Mohammad Jamil
Kashmiri freedom fighters continue their attacks on India camps and forces. Last week, they had attacked General Reserve Engineers Force (GREF) Camp in Batal (Akhnoor), which is a subordinate organization of Border Roads Organization. GREF camp is located at 2 km from LOC in Batal village of Khour area (Akhnoor). Indian media stated that the attackers came from across the LOC and killed three employees; however the exact number of attackers is still not confirmed. Indian media did not give wide coverage as was done in the previous incidents, because it knew that Indian military had informed media about the surgical strike in Azad Kashmir, which never took place. Indian Army might be making the groups for launching another fake surgical strike to convince Indians that Indian army had avenged the Uri attack and also put Pakistan on the mat.

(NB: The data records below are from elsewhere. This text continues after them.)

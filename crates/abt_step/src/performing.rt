//! Lines of any reader, answered by the net of any scenario.
ghost use Rattle.std.specs.Prelude.{◌≡◌, ◌+◌, ◌⊎◌, IfErr, OnOk, OnErr};
ghost use Rattle.std.specs.Io.KnownBytes.{IsAtEnd, Keeps};
ghost use Rattle.abt_text.specs.Streams.{ConsumesAtMost, text_max};
ghost use Rattle.abt_lines.specs.Served.{IsServed, IsServedPart};
ghost use Rattle.abt_step.specs.Answered.{IsAnswered, IsAnsweredAs, IsRefused, IsRefusedAs, answers_of, fault_of_lines, words_alone};

use crate::stepped::SteppedLines;
use abt_lines::{LinesFault, serve_lines};
use abt_perform::{Fault, tell_fault};
use abt_plans::AnswerForm;
use abt_scenario::{Scenario, read_from};
use std::alloc::Global;
use std::io::{Read, Write};

/// Reads a scenario, lets its events happen to its net, answers all lines of a reader by that net in words, and returns the status: 0 if
/// all answers went out to `writer`, and 1 if a line on `errors` tells why not. A line that can't be written there changes no status.
///
/// What a read of the lines ends is answered, and the answers written, before the next read.
pub fn perform_step<N: Read, R: Read, W: Write, E: Write>(
    alloc: Global,
    net: &mut N,
    reader: &mut R,
    writer: &mut W,
    errors: &mut E,
) -> u8
    ensures status { (result ≡ 0) ⊎ (result ≡ 1) }
    ensures stops { ConsumesAtMost (N.remaining net.old) (N.remaining net.new) (text_max + 1) }
    ensures end { result ≡ 0 → IsAtEnd (R.remaining reader.new) }
    ensures ok { result ≡ 0 →
        IsAnswered (N.remaining net.old) (R.remaining reader.old) (W.contents writer.old)
        (W.contents writer.new) }
    ensures quiet { result ≡ 0 → Keeps (E.contents errors.old) (E.contents errors.new) }
    ensures err { result ≡ 1 →
        IsRefused (N.remaining net.old) (R.remaining reader.old) (R.remaining reader.new)
        (W.contents writer.old) (W.contents writer.new) (E.contents errors.old) (E.contents errors.new) }
{
    perform_step_as(alloc, in_words(), net, reader, writer, errors)
}

// The form of answers in words, and of nothing else.
fn in_words() -> AnswerForm
    ensures { result ≡ words_alone }
{
    AnswerForm {
        json: false,
        state: false,
        possible: false,
    }
}

/// As [`perform_step`], with answers of any form.
pub fn perform_step_as<N: Read, R: Read, W: Write, E: Write>(
    alloc: Global,
    form: AnswerForm,
    net: &mut N,
    reader: &mut R,
    writer: &mut W,
    errors: &mut E,
) -> u8
    ensures status { (result ≡ 0) ⊎ (result ≡ 1) }
    ensures stops { ConsumesAtMost (N.remaining net.old) (N.remaining net.new) (text_max + 1) }
    ensures end { result ≡ 0 → IsAtEnd (R.remaining reader.new) }
    ensures ok { result ≡ 0 →
        IsAnsweredAs form (N.remaining net.old) (R.remaining reader.old) (W.contents writer.old)
        (W.contents writer.new) }
    ensures quiet { result ≡ 0 → Keeps (E.contents errors.old) (E.contents errors.new) }
    ensures err { result ≡ 1 →
        IsRefusedAs form (N.remaining net.old) (R.remaining reader.old) (R.remaining reader.new)
        (W.contents writer.old) (W.contents writer.new) (E.contents errors.old) (E.contents errors.new) }
{
    let scenario = match read_from(alloc, net) {
        Ok(scenario) => scenario,
        Err(fault) => {
            tell_fault(Fault::from(fault), errors);
            return 1;
        }
    };
    match answer_lines(alloc, form, &scenario, reader, writer) {
        Ok(()) => 0,
        Err(fault) => {
            tell_fault(fault_of_lines(fault), errors);
            1
        }
    }
}

// Answers all lines of a reader by the net of a scenario, to which its events happened.
#[tactic(auto, using(crate::proofs::Unserved::unserved))]
fn answer_lines<R: Read, W: Write>(
    alloc: Global,
    form: AnswerForm,
    scenario: &Scenario,
    reader: &mut R,
    writer: &mut W,
) -> Result<(), LinesFault>
    ensures end { OnOk result (IsAtEnd (R.remaining reader.new)) }
    ensures ok { OnOk result (IsServed (answers_of form scenario.now) (R.remaining reader.old)
        (W.contents writer.old) (W.contents writer.new)) }
    ensures err { OnErr result (IsServedPart (answers_of form scenario.now) (R.remaining reader.old)
        (W.contents writer.old) (W.contents writer.new)) }
{
    let mut lines = SteppedLines::open(alloc, form, &scenario.net, scenario.events.as_slice())?;
    serve_lines(alloc, &mut lines, reader, writer)
}

// The program's fault for one of the lines.
fn fault_of_lines(fault: LinesFault) -> Fault
    ensures { result ≡ fault_of_lines fault }
{
    match fault {
        LinesFault::Read => Fault::Read,
        LinesFault::TooLong => Fault::TooLong,
        LinesFault::Write => Fault::Write,
        LinesFault::Memory => Fault::Memory,
    }
}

Pakistan’s defence minister Khawaja Asif on Monday warned India of a “befitting response” if it dared to carry out surgical strikes inside his country. He also claimed India does not want to continue the process of negotiation with Pakistan and reduce the tension. “If India conducts a surgical strike such a response would be given that the country would not even dream of even a fake surgical strike”. He was speaking on a motion moved by Senator Sehar Kamran regarding the situation arising out of the alleged Indian violations of the Line of Control and ceasefire on the working boundary, resulting in the loss of precious lives. “A befitting response would be given if India dared to carry out surgical strikes inside Pakistan,” he said,. He claimed that India was making failed attempts to link the Kashmir insurgency with cross border infiltration and terrorism.

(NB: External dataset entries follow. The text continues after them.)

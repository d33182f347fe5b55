//! What the lines of a dialogue ask for.
ghost use Rattle.std.specs.Prelude.{◌≡◌};
ghost use Rattle.std.specs.Option.{option_map};
ghost use Rattle.abt_format.specs.EventTexts.{event_of};
ghost use Rattle.abt_step.specs.Asked.{asked_by, asked_in, asked_on, begins_with, event_or_fault, fault_name, query_by};

use abt_format::event_of;
use abt_model::Event;

/// What a line of a dialogue asks for (docs/FORMATS.md, "Events line by line").
#[derive(Clone, Copy, Debug, PartialEq, Eq)]
pub enum Asked {
    /// Nothing: the line is a comment.
    Nothing,
    /// That an event happens.
    Happen(Event),
    /// That all begins anew.
    Reset,
    /// That something is told, and nothing happens.
    Tell(Query),
    /// Nothing that can be done.
    Wrong(AskedFault),
}

/// What is to be told of the net behind the events so far.
#[derive(Clone, Copy, Debug, PartialEq, Eq)]
pub enum Query {
    /// The rates, what is held, the totals and the capacities.
    State,
    /// The last lines of a report of the events so far.
    Report,
    /// What can happen next of what was sent.
    Possible,
}

/// Why nothing can be done for a line. It shows itself by the name that the answer to the line has.
#[derive(Clone, Copy, Debug, PartialEq, Eq)]
pub enum AskedFault {
    /// The line is too long.
    TooLong,
    /// The line says no event, and is none of the other words.
    Event,
}

impl AskedFault {
    /// The name of the fault.
    pub fn name(self) -> &'static str
        ensures { result.now ≡ fault_name self }
    {
        match self {
            AskedFault::TooLong => "TooLong",
            AskedFault::Event => "event",
        }
    }
}

// What a line asks for, which is too long if there is `None`.
pub(crate) fn asked_on(line: Option<&[u8]>) -> Asked
    ensures { result ≡ asked_on (option_map (λ line. line.now) line.entry) }
{
    match line {
        Some(octets) => asked_in(octets),
        None => Asked::Wrong(AskedFault::TooLong),
    }
}

// What octets ask for, which is nothing that can be done if they are no text.
fn asked_in(octets: &[u8]) -> Asked
    ensures { result ≡ asked_in octets.now }
{
    match std::str::from_utf8(octets) {
        Ok(text) => asked_by(text),
        Err(_) => Asked::Wrong(AskedFault::Event),
    }
}

// What a text asks for.
fn asked_by(text: &str) -> Asked
    ensures { result ≡ asked_by text.now }
{
    match text {
        _ if begins_with(text, b'#') => Asked::Nothing,
        _ if begins_with(text, b'?') => query_asked(text),
        "reset" => Asked::Reset,
        _ => event_asked(text),
    }
}

// What a text asks to be told.
fn query_asked(text: &str) -> Asked
    ensures { result ≡ query_by text.now }
{
    match text {
        "? state" => Asked::Tell(Query::State),
        "? report" => Asked::Tell(Query::Report),
        "? possible" => Asked::Tell(Query::Possible),
        _ => Asked::Wrong(AskedFault::Event),
    }
}

// The event that a text asks for.
fn event_asked(text: &str) -> Asked
    ensures { result ≡ event_or_fault (event_of text.now) }
{
    match event_of(text) {
        Some(event) => Asked::Happen(event),
        None => Asked::Wrong(AskedFault::Event),
    }
}

// Whether a text begins with an octet.
#[tactic(auto, using(crate::proofs::Stepping::first_octet))]
fn begins_with(text: &str, octet: u8) -> bool
    ensures { result ≡ begins_with octet text.now }
{
    let octets = text.as_bytes();
    if octets.is_empty() {
        return false;
    }
    octets[0] == octet
}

India carried out 330 ceasefire violations including 290 on LoC and 40 on the working boundaries till December last, in which 45 Pakistani civilians were killed and 138 injured in the violations. One cannot understand as to why frequency of the violations has been reduced after change of guard in Pakistan army. Anyhow, the violations were effectively responded by the armed forces of the country according to ISPR. Last week, Pakistan’s army chief General Qamar Javed Bajwa said his forces were fully geared to respond to any aggression by India. Earlier, India’s newly appointed army chief General Bipin Rawat had said that “India has sent across a message with surgical strike that attacks won’t be tolerated. Indian army would not shy away from a second surgical strike if peace in the region is disrupted. “The Cold Start doctrine exists for conventional military operations,” he said in an interview.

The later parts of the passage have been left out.